Though Semenya wants us all to see Semenya as a woman, Semenya's CAS testimony shows that Semenya is utterly oblivious of the fact that hot flushes, night sweats, weight gain, nausea, fevers and abdominal pain are all common symptoms that the majority of women routinely experience due to our female biology from the time we first menstruate.
(For example, most girls and women experience menstrual and/or ovulation pain every month during our fertile years; and 39% of US females past the age of menarche have chronic pelvic/abdominal pain due to gynecological issues. Frequent or constant nausea is commonly reported by women on birth control pills, and nausea affects the overwhelming majority of women during pregnancy. As for hot flushes, night sweats, and fevers: girls and women experience these regularly due to the normal hormonal fluctuations we go through during our monthly menstrual cycles; we suffer hot flushing and sweating 24/7 for years on end during peri-menopause and menopause; and we also suffer extreme forms of these symptoms after childbirth and miscarriage. And the weight gain Semenya whines about? Gimme a break.)
But whereas Semenya considers it her god-given right as a "100% all-natural woman" not have to suffer any of the disadvantageous discomforts of female biology ever, those of us who truly are female are expected to just put up with the very same unpleasant symptoms - as well as a host of other pains and indignities - as a matter of course. And guess what, the symptoms Semenya moans and groans about often put a damper on our mental sharpness and self-confidence, too.
Re your claim that "reducing a man's testosterone in this way puts them at extremely high risk of depression and suicide": perhaps this is true of men. Or of some men. But it's beside the point in this case because Semenya, Niyonsaba and Wambui don't claim to be men. They all claim to be women, and they want to compete as women against women. So the comparator here should me women, not men.
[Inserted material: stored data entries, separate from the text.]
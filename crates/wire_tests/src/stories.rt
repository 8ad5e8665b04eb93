//! What is asked of books, row by row.
use crate::rows::Ask::{Dial, Link, Send, SendBinary, Spawn, Start, Stop};
use crate::rows::Row::{
    Asks, Fetches, Flushes, Gathers, Hands, Has, HasEntries, HasPut, HasReceipts, HasTaken,
    IsConnected, IsReady, IsUp, Merges, Repeats, SetsPiece, Settles,
};
use crate::rows::Told::{Done, NotCalled, Refused};
use crate::rows::{Kept, Named, Part, Process, Row, Story};
use erl_term::Refusal::StrangeSeat;
use link_core::End::{Active, None as No};

pub const P: Process = Process { place: 0, id: 1 };

pub const Q: Process = Process { place: 1, id: 1 };

const NAMES: &[&str] = &["a@h", "b@h"];

pub const A: Kept = Kept {
    names: NAMES,
    place: 0,
    cookie: "c",
};

pub const B: Kept = Kept {
    names: NAMES,
    place: 1,
    cookie: "c",
};

/// The same with another cookie.
const OTHER_COOKIE: Kept = Kept {
    names: NAMES,
    place: 1,
    cookie: "d",
};

/// The same with other names beside its own.
const OTHER_NAMES: Kept = Kept {
    names: &["c@h", "b@h"],
    place: 1,
    cookie: "c",
};

const MORE_NAMES: Kept = Kept {
    names: &["a@h", "b@h", "c@h"],
    place: 1,
    cookie: "c",
};

const SAME_NAMES: &[&str] = &["a@h", "a@h"];

const ONE_NAME: &[Kept] = &[
    Kept {
        names: SAME_NAMES,
        place: 0,
        cookie: "c",
    },
    Kept {
        names: SAME_NAMES,
        place: 1,
        cookie: "c",
    },
];

/// The two nodes.
const TWO: &[Named] = &[("a@h", "c"), ("b@h", "c")];

/// A process at each of two nodes, which are connected.
pub const CONNECTED: &[Row] = &[
    Asks(0, 0, Spawn, Done(0, 0, 1)),
    Asks(1, 1, Spawn, Done(1, 0, 1)),
    Asks(0, 0, Dial(1), Done(0, 1, 2)),
    IsConnected(0, 1, false),
    Hands(0, 1, true),
    Settles(0, 1),
    IsConnected(0, 1, true),
    IsConnected(1, 0, true),
    HasPut(0, 2),
    HasPut(1, 3),
];

/// And a message from the one to the other.
const SENT: &[Row] = &[
    Asks(0, 0, Send(P, Q), Done(0, 5, 8)),
    Settles(0, 1),
    HasEntries(0, 6),
    HasEntries(1, 4),
];

const CONNECT: Part = Part {
    of: &[],
    rows: CONNECTED,
};

const SEND: Part = Part {
    of: &[],
    rows: SENT,
};

/// The same of the two books behind these.
const CONNECT_BEHIND: Part = Part {
    of: &[2, 3],
    rows: CONNECTED,
};

const SEND_BEHIND: Part = Part {
    of: &[2, 3],
    rows: SENT,
};

/// Where the dialer's is the last of them.
const CONNECT_CROSSED_BEHIND: Part = Part {
    of: &[3, 2],
    rows: CONNECTED,
};

const SEND_CROSSED_BEHIND: Part = Part {
    of: &[3, 2],
    rows: SENT,
};

/// Of the first two, where the dialer's is the second.
const CONNECT_CROSSED: Part = Part {
    of: &[1, 0],
    rows: CONNECTED,
};

const SEND_CROSSED: Part = Part {
    of: &[1, 0],
    rows: SENT,
};

/// Of three books, where the dialer's is the last, and the first is unused.
const CONNECT_LAST: Part = Part {
    of: &[2, 1],
    rows: CONNECTED,
};

const SEND_LAST: Part = Part {
    of: &[2, 1],
    rows: SENT,
};

/// Stories that take long.
pub const LONG: &[Story] = &[
    Story {
        name: "a wire takes 64, and the rest waits",
        books: &[A, B],
        parts: &[
            CONNECT,
            Part {
                of: &[],
                rows: &[
                    Repeats(0, Send(P, Q), 100),
                    HasEntries(0, 105),
                    HasPut(0, 2),
                    HasTaken(1, 2),
                    Flushes(0, 64),
                    HasPut(0, 66),
                    Flushes(0, 0),
                    Fetches(1, true),
                    Fetches(1, false),
                    Flushes(0, 1),
                    Flushes(0, 0),
                    HasPut(0, 67),
                    HasTaken(1, 3),
                    HasEntries(1, 3),
                    Settles(0, 1),
                    HasPut(0, 102),
                    HasTaken(1, 102),
                    HasEntries(1, 103),
                    Flushes(0, 0),
                ],
            },
        ],
    },
    Story {
        name: "a link in pieces of one byte",
        books: &[A, B],
        parts: &[
            CONNECT,
            Part {
                of: &[],
                rows: &[
                    SetsPiece(0, 1),
                    Asks(0, 0, Link(P, Q), Done(0, 5, 8)),
                    Flushes(0, 46),
                    Flushes(0, 0),
                    HasPut(0, 3),
                    Gathers(1, 45),
                    HasTaken(1, 2),
                    Fetches(1, true),
                    IsReady(1, true),
                    HasTaken(1, 3),
                    Fetches(1, false),
                    Settles(0, 1),
                    Has(1, Q, P, Active),
                ],
            },
        ],
    },
    Story {
        name: "a message in three pieces",
        books: &[A, B],
        parts: &[
            CONNECT,
            Part {
                of: &[],
                rows: &[
                    Asks(0, 0, SendBinary(P, Q, 1000), Done(0, 5, 8)),
                    Flushes(0, 3),
                    HasPut(0, 3),
                    Gathers(1, 2),
                    Fetches(1, true),
                    IsReady(1, true),
                    Settles(0, 1),
                    HasEntries(1, 4),
                    Merges(
                        TWO,
                        (0, 2),
                        (0, 2),
                        "0:1 1:1 0:2 1:3 0:4 0:5 1:6 0:7 0:8 1:9 ",
                    ),
                ],
            },
        ],
    },
    // The first two bytes of these frames make 3, 4, 5, 6 and 12, which are lengths of statuses, and 15. Each
    // frame is cut behind another of its first six bytes.
    Story {
        name: "long frames behind statuses",
        books: &[A, B],
        parts: &[
            Part {
                of: &[],
                rows: &[SetsPiece(0, 1), SetsPiece(1, 1)],
            },
            CONNECT,
            Part {
                of: &[],
                rows: &[
                    SetsPiece(0, 1),
                    Repeats(0, SendBinary(P, Q, 196_576), 1),
                    Flushes(0, 64),
                    Gathers(1, 63),
                    HasTaken(1, 2),
                    SetsPiece(0, 512),
                    Settles(0, 1),
                    HasTaken(1, 3),
                    SetsPiece(0, 2),
                    Repeats(0, SendBinary(P, Q, 262_112), 1),
                    Flushes(0, 64),
                    Gathers(1, 63),
                    HasTaken(1, 3),
                    SetsPiece(0, 512),
                    Settles(0, 1),
                    HasTaken(1, 4),
                    SetsPiece(0, 3),
                    Repeats(0, SendBinary(P, Q, 327_648), 1),
                    Flushes(0, 64),
                    Gathers(1, 63),
                    HasTaken(1, 4),
                    SetsPiece(0, 512),
                    Settles(0, 1),
                    HasTaken(1, 5),
                    SetsPiece(0, 4),
                    Repeats(0, SendBinary(P, Q, 393_184), 1),
                    Flushes(0, 64),
                    Gathers(1, 63),
                    HasTaken(1, 5),
                    SetsPiece(0, 512),
                    Settles(0, 1),
                    HasTaken(1, 6),
                    SetsPiece(0, 5),
                    Repeats(0, SendBinary(P, Q, 786_400), 1),
                    Flushes(0, 64),
                    Gathers(1, 63),
                    HasTaken(1, 6),
                    SetsPiece(0, 512),
                    Settles(0, 1),
                    HasTaken(1, 7),
                    SetsPiece(0, 6),
                    Repeats(0, SendBinary(P, Q, 983_008), 1),
                    Flushes(0, 64),
                    Gathers(1, 63),
                    HasTaken(1, 7),
                    SetsPiece(0, 512),
                    Settles(0, 1),
                    HasTaken(1, 8),
                ],
            },
        ],
    },
];

/// Stories that don't.
pub const SHORT: &[Story] = &[
    Story {
        name: "a link in short pieces",
        books: &[A, B],
        parts: &[
            Part {
                of: &[],
                rows: &[SetsPiece(0, 7), SetsPiece(1, 5)],
            },
            CONNECT,
            Part {
                of: &[],
                rows: &[
                    Asks(0, 0, Link(P, Q), Done(0, 5, 8)),
                    Settles(0, 1),
                    Has(1, Q, P, Active),
                    HasPut(0, 3),
                    HasTaken(1, 3),
                ],
            },
        ],
    },
    Story {
        name: "a link, and the books merge",
        books: &[A, B],
        parts: &[
            CONNECT,
            Part {
                of: &[],
                rows: &[
                    Asks(0, 0, Link(P, Q), Done(0, 5, 8)),
                    Has(0, P, Q, Active),
                    Has(1, Q, P, No),
                    Settles(0, 1),
                    Has(1, Q, P, Active),
                    Merges(
                        TWO,
                        (0, 2),
                        (0, 2),
                        "0:1 1:1 0:2 1:3 0:4 0:5 1:6 0:7 0:8 1:9 ",
                    ),
                ],
            },
        ],
    },
    Story {
        name: "a seat is of one book",
        books: &[A, B, A],
        parts: &[Part {
            of: &[],
            rows: &[
                Asks(0, 0, Spawn, Done(0, 0, 1)),
                Asks(0, 1, Stop, NotCalled(StrangeSeat)),
                IsUp(1, true),
                HasEntries(1, 0),
                HasReceipts(0, 1),
                Asks(0, 2, Stop, NotCalled(StrangeSeat)),
                IsUp(2, true),
                HasEntries(2, 0),
                HasReceipts(0, 1),
                Asks(0, 0, Start, Refused(0, 1, 2)),
                HasEntries(0, 2),
                HasReceipts(0, 2),
                Asks(1, 0, Stop, NotCalled(StrangeSeat)),
                IsUp(0, true),
                HasEntries(0, 2),
                HasReceipts(1, 0),
                Asks(0, 0, Stop, Done(0, 2, 3)),
                IsUp(0, false),
            ],
        }],
    },
    Story {
        name: "books of one exchange merge",
        books: &[A, B],
        parts: &[
            CONNECT,
            SEND,
            Part {
                of: &[],
                rows: &[Merges(
                    TWO,
                    (0, 2),
                    (0, 2),
                    "0:1 1:1 0:2 1:3 0:4 0:5 1:6 0:7 0:8 1:9 ",
                )],
            },
        ],
    },
    Story {
        name: "books in each other's places",
        books: &[B, A],
        parts: &[
            CONNECT_CROSSED,
            SEND_CROSSED,
            Part {
                of: &[],
                rows: &[Merges(TWO, (0, 2), (0, 0), "23 StrangeBook 0")],
            },
        ],
    },
    Story {
        name: "receipts of other books",
        books: &[A, B, A, B],
        parts: &[
            CONNECT_BEHIND,
            SEND_BEHIND,
            Part {
                of: &[],
                rows: &[
                    HasReceipts(3, 1),
                    Merges(TWO, (0, 2), (3, 4), "22 StrangeReceipt 1 0"),
                ],
            },
        ],
    },
    Story {
        name: "an unused book of the dialer",
        books: &[A, B, A],
        parts: &[
            CONNECT_LAST,
            SEND_LAST,
            Part {
                of: &[],
                rows: &[
                    HasEntries(0, 0),
                    Merges(TWO, (0, 2), (0, 0), "21 Torn a@h/1 1"),
                ],
            },
        ],
    },
    Story {
        name: "a seat is left out",
        books: &[A, B],
        parts: &[
            CONNECT,
            SEND,
            Part {
                of: &[],
                rows: &[
                    Merges(TWO, (0, 2), (0, 1), "24 SeatsMissing 1"),
                    Merges(TWO, (0, 2), (1, 2), "24 SeatsMissing 0"),
                ],
            },
        ],
    },
    Story {
        name: "a receipt twice",
        books: &[A, B, B, A],
        parts: &[
            CONNECT,
            SEND,
            CONNECT_CROSSED_BEHIND,
            SEND_CROSSED_BEHIND,
            Part {
                of: &[],
                rows: &[Merges(TWO, (0, 2), (0, 3), "22 StrangeReceipt 1 0")],
            },
        ],
    },
    Story {
        name: "a seat of no node",
        books: &[A],
        parts: &[Part {
            of: &[],
            rows: &[
                Asks(0, 0, Spawn, Done(0, 0, 1)),
                Merges(&[], (0, 0), (0, 1), "22 StrangeReceipt 0 0"),
            ],
        }],
    },
    Story {
        name: "unused books",
        books: &[A, B],
        parts: &[Part {
            of: &[],
            rows: &[Merges(TWO, (0, 2), (0, 2), "")],
        }],
    },
    Story {
        name: "no books",
        books: &[],
        parts: &[Part {
            of: &[],
            rows: &[
                Merges(&[], (0, 0), (0, 0), ""),
                Merges(TWO, (0, 0), (0, 0), "23 StrangeBook 0"),
            ],
        }],
    },
    Story {
        name: "a book too few",
        books: &[A, B],
        parts: &[
            CONNECT,
            SEND,
            Part {
                of: &[],
                rows: &[Merges(TWO, (0, 1), (0, 2), "23 StrangeBook 1")],
            },
        ],
    },
    Story {
        name: "a book too many",
        books: &[A, B, A],
        parts: &[
            CONNECT,
            SEND,
            Part {
                of: &[],
                rows: &[Merges(TWO, (0, 3), (0, 2), "23 StrangeBook 2")],
            },
        ],
    },
    Story {
        name: "a book of another cookie",
        books: &[A, OTHER_COOKIE],
        parts: &[Part {
            of: &[],
            rows: &[Merges(TWO, (0, 2), (0, 2), "23 StrangeBook 1")],
        }],
    },
    Story {
        name: "a book of other names",
        books: &[A, OTHER_NAMES],
        parts: &[Part {
            of: &[],
            rows: &[Merges(TWO, (0, 2), (0, 2), "23 StrangeBook 1")],
        }],
    },
    Story {
        name: "a book of more names",
        books: &[A, MORE_NAMES],
        parts: &[Part {
            of: &[],
            rows: &[Merges(TWO, (0, 2), (0, 2), "23 StrangeBook 1")],
        }],
    },
    Story {
        name: "two nodes of one name",
        books: ONE_NAME,
        parts: &[Part {
            of: &[],
            rows: &[Merges(
                &[("a@h", "c"), ("a@h", "c")],
                (0, 2),
                (0, 2),
                "23 StrangeBook 1",
            )],
        }],
    },
];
Also, in neither Semenya's CAS testimony nor all the press interviews given over the years have any of the XY athletes who claim to be women ever once said that being on BC pills would make them depressed or suicidal. You're the one who brought up those topics.
And as it so happens, tens of millions of men who identify as women today have been taking a combo of BC pills androgen blockers for years, which has caused their testosterone to be reduced to a far greater extent than what Semenya, Niyonsaba, Wambui et al would experience on BC pills alone. But these transgender-identified males don't say their drug-induced lowered T causes them to feel depressed and suicidal; on the contrary, they commonly report that they experience wellbeing, ecstasy and sexual thrills instead. There's even a special name for the high they get from altering their natural hormones: "gender euphoria." In fact, these males often say that not taking BC pills - which in the MtF world are known by such names as "titty skittles," "mammary mints" and "life savers" - is what would make them depressive and suicidal.
As to the charge that asking men who identify as women to take BC pills is "barbaric" and medically unsound: the worldwide medical consensus today is that it's 100% medically appropriate for men who identify as women to take BC pills or estrogen in another form (patches, say) along with androgen blockers like spironolactone. As the IAAF pointed out in the Semenya case, for males who claim a gender identity opposite to their sex the standard of care nowadays is to put them on BC pills pronto; indeed, doing so is considered both "gender affirming" and most humane.
(I personally think it's daft and dangerous for anyone to take cross-sex hormones. But in the medical community today, it's widely accepted that males who claim to "feel female" inside should be given BC pills or other estrogens and T-blockers without delay - and that to fail to do so is a dereliction of duty.)